I am trying to prove:
If A is an infinite set and B is at most countable set, prove that A and $A \cup B$ have the same cardinality.
Set definitions here are from baby Rudin.
Attempt:
There are 4 possible cases:
1.A is countable and B is finite.
2.A is countable and B is countable.
3.A is uncountable and B is finite.
4.A is uncountable and B is countable.
Then for each case I need to show that $A \cup B \sim A$. I can prove 1-3, but I am unsure how to prove case 4. And in general, it seems that my proof strategy is inefficient and there exist much faster proof then proof by cases.
Best Answer
Define a set $S$ to be finite iff there is a bijection from $S$ to $\{j\in \mathbb N_0:j<n\}$ for some $n\in \mathbb N_0=\mathbb N \cup \{0\}.$ It is a consequence of the Axiom of Choice (AC) that an infinite set has a countably infinite subset.
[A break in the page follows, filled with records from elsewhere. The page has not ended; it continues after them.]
//! A lane among threads: one is the sequencer for three emitters, and each of four readers is lent to a thread of its
//! own.

ghost use Rattle.shared_lane.specs.Readers.{IsReaderOf};
ghost use Rattle.shared_lane.specs.Sequencers.{IsSequencerOf};

use crate::tools::assert_same;
use cold_flow::Policy;
use shared_core::{Begun, Config, Emit, Ticket};
use shared_lane::{Lane, Reader, Sequencer, Taken};
use std::alloc::{AllocGlobal, Global};
use std::process::Abort;
use std::sync::atomic::{AtomicBool, Ordering};
use std::thread::{Threads, for_each_mut, join_mut, yield_now};

/// How many readers there are.
const READERS: usize = 4;

/// The words of an emitter begin at so many times its id.
const APART: u64 = 1_000_000;

/// How often a thread asks at most. It yields where it gets nothing.
const TURNS: u32 = 5_000_000;

/// A sequencer with its lane.
#[derive(Drop)]
struct Stage<'a> {
    lane: &'a Lane<Global>,
    sequencer: Sequencer<Global>,
    ghost fits: { IsSequencerOf lane.now sequencer },
}

/// An emitter's next word, as a count, and the ticket of the one before where that waits.
#[derive(Drop)]
struct Emitting {
    id: u32,
    next: u64,
    ticket: Option<Ticket>,
}

/// What a turn came to.
#[derive(Drop)]
enum Turn {
    Done,
    Waits,
    Wrong,
}

impl<'a> Stage<'a> {
    fn admit<R: Abort>(&mut self, rt: &R) -> Listening<'a> {
        let reader = self.sequencer.admit(self.lane).expect(rt, "a reader");
        Listening {
            lane: self.lane,
            reader,
            last: [None; 3],
            rises: true,
        }
    }

    // Begins the emitter's next emission, or asks for the one that waits. Emitter `id` has the words from `id * APART` on.
    fn turn(&mut self, emitting: &mut Emitting) -> Turn {
        if let Some(ticket) = emitting.ticket {
            return match self.sequencer.poll_emit(self.lane, ticket) {
                Emit::Done(_) => {
                    emitting.ticket = None;
                    Turn::Done
                }
                Emit::Waiting => Turn::Waits,
                Emit::Gone => Turn::Wrong,
            };
        }
        let word = u64::from(emitting.id)
            .wrapping_mul(APART)
            .wrapping_add(emitting.next);
        let begun = self.sequencer.start_emit(self.lane, emitting.id, word);
        emitting.next = emitting.next.wrapping_add(1);
        match begun {
            Ok(Begun::Accepted(_)) => Turn::Done,
            Ok(Begun::Waiting(ticket)) => {
                emitting.ticket = Some(ticket);
                Turn::Waits
            }
            Ok(Begun::Dropped) | Err(_) => Turn::Wrong,
        }
    }

    // A turn of each emitter that isn't done, after those that wait were accepted where there is room.
    fn round(&mut self, emitters: &mut [Emitting; 3], words: u64) -> Turn {
        self.sequencer.scan(self.lane);
        let mut round = Turn::Done;
        for emitting in emitters.iter_mut() {
            if emitting.next < words || emitting.ticket.is_some() {
                match self.turn(emitting) {
                    Turn::Wrong => return Turn::Wrong,
                    Turn::Waits => round = Turn::Waits,
                    Turn::Done => {}
                }
            }
        }
        round
    }
}

fn is_done(emitters: &[Emitting; 3], words: u64) -> bool {
    emitters.iter().all(|emitting| emitting.next >= words && emitting.ticket.is_none())
}

// Emits so many words of each of three emitters. At its end, which may be because a reader gave up, no reader waits for more.
fn emit_all(stage: &mut Stage<'_>, words: u64, over: &AtomicBool) -> bool {
    let mut emitters = [0, 1, 2].map(|id| Emitting {
        id,
        next: 0,
        ticket: None,
    });
    for _ in 0..TURNS {
        if is_done(&emitters, words) || over.load(Ordering::SeqCst) {
            break;
        }
        match stage.round(&mut emitters, words) {
            Turn::Done => {}
            Turn::Waits => yield_now(),
            Turn::Wrong => break,
        }
    }
    over.store(true, Ordering::SeqCst);
    is_done(&emitters, words)
}

/// A reader with its lane, the last word that it got from each emitter, and whether each was above the one before.
struct Listening<'a> {
    lane: &'a Lane<Global>,
    reader: Reader,
    last: [Option<u64>; 3],
    rises: bool,
    ghost fits: { IsReaderOf lane.now reader },
}

/// What a reader came to.
#[derive(Drop)]
struct Heard {
    received: u64,
    dropped: u64,
    /// Each emitter's words rose.
    rises: bool,
}

impl<'a> Listening<'a> {
    fn note(&mut self, word: u64) {
        let Some(last) = self.last.get_mut((word / APART) as usize) else {
            self.rises = false;
            return;
        };
        if last.is_some_and(|before| word <= before) {
            self.rises = false;
        }
        *last = Some(word);
    }

    // Takes words until nothing is left once all were emitted. A reader that gives up says that it is over.
    fn take_all(&mut self, over: &AtomicBool) {
        for _ in 0..TURNS {
            let was_over = over.load(Ordering::SeqCst);
            match self.reader.try_next(self.lane) {
                Taken::Value(word) => self.note(word),
                Taken::Nothing => {
                    if was_over {
                        return;
                    }
                    yield_now();
                }
                Taken::Overtaken => {}
            }
            if !self.rises {
                break;
            }
        }
        over.store(true, Ordering::SeqCst);
    }

    // Ends the reader, and says what it came to.
    fn leave(self) -> Heard {
        let Listening {
            lane,
            reader,
            last: _,
            rises,
        } = self;
        let heard = Heard {
            received: reader.received(),
            dropped: reader.dropped(),
            rises,
        };
        reader.close(lane);
        heard
    }
}

// So many readers, or fewer where memory is refused.
fn admit_all<'a, R: Abort>(
    rt: &R,
    stage: &mut Stage<'a>,
    mut readers: Vec<Listening<'a>>,
) -> Vec<Listening<'a>> {
    for _ in 0..READERS {
        if let Err(refused) = readers.push(stage.admit(rt)) {
            refused.value.leave();
        }
    }
    readers
}

// The sequencer and the readers run, each in a thread of its own. Whether all was emitted. Where no thread can be had, the last is
// called first, and under the dropping policies it waits for nobody.
fn run_all<R: Threads + Sync>(
    rt: &R,
    stage: &mut Stage<'_>,
    readers: &mut Vec<Listening<'_>>,
    words: u64,
) -> bool {
    let over = AtomicBool::new(false);
    let ((), emitted) = join_mut(
        rt,
        &mut || listen_all(rt, readers, &over),
        &mut || emit_all(stage, words, &over),
    );
    emitted
}

fn listen_all<R: Threads + Sync>(rt: &R, readers: &mut Vec<Listening<'_>>, over: &AtomicBool) {
    for_each_mut(
        rt,
        readers.as_mut_slice(),
        READERS,
        &|_, listening: &mut Listening<'_>| listening.take_all(over),
    );
}

// Ends each reader, and compares how many there were, and what each says.
fn assert_each<R: Abort>(rt: &R, mut readers: Vec<Listening<'_>>, run: &Run) {
    let all = run.words.saturating_mul(3);
    let mut count: usize = 0;
    while let Some(listening) = readers.pop() {
        let Heard {
            received,
            dropped,
            rises,
        } = listening.leave();
        assert_same(rt, "the words of each emitter rise", rises, true);
        let heard = received.saturating_add(dropped);
        assert_same(rt, "received or dropped", heard, all);
        if run.policy != Policy::DropOldest {
            assert_same(rt, "dropped", dropped, 0);
        }
        count = count.wrapping_add(1);
    }
    readers.destroy_empty();
    assert_same(rt, "readers", count, READERS);
}

/// So many words of each of three emitters, which go through a lane with so many places.
struct Run {
    words: u64,
    extra: u64,
    policy: Policy,
}

const RUNS: &[Run] = &[
    Run {
        words: 1000,
        extra: 8,
        policy: Policy::Suspend,
    },
    Run {
        words: 1000,
        extra: 8,
        policy: Policy::DropOldest,
    },
    // Readers that are overtaken lose none uncounted.
    Run {
        words: 33_334,
        extra: 2,
        policy: Policy::DropOldest,
    },
];

fn assert_run<R>(rt: &R, run: &Run)
where
    R: AllocGlobal + Threads + Abort + Sync,
{
    let config = Config {
        replay: 0,
        extra: run.extra,
        policy: run.policy,
        subscribers: 8,
        emits: 3,
        first: 0,
    };
    let (lane, sequencer) = Lane::new(rt.alloc(), config).expect(rt, "a lane");
    let mut stage = Stage {
        lane: &lane,
        sequencer,
    };
    let places = Vec::with_capacity(rt.alloc(), READERS).expect(rt, "room");
    let mut readers = admit_all(rt, &mut stage, places);
    let emitted = run_all(rt, &mut stage, &mut readers, run.words);
    assert_each(rt, readers, run);
    assert_same(rt, "all words were emitted", emitted, true);
}

#[test]
fn lane_three_emitters(rt: HostRuntime) {
    for run in RUNS {
        assert_run(&rt, run);
    }
}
Assume (AC). Let $A$ be infinite. Let $T\subset A$ where $T$ is countably infinite. Let $B$ be countable. Let $B'=B$ \ $A.$ Then $B'$ is countable and $A\cup B=A\cup B'$ and $A \cap B'=\emptyset.$
Now $T$ and $T\cup B'$ are countably infinite. So there is a bijection $f:T\cup B'\to T.$ Extend $f$ to the domain $A\cup B'=A\cup B$ by letting $f(x)=x$ for $x\in A$ \ $T.$ Then $f:A\cup B\to A$ is a bijection.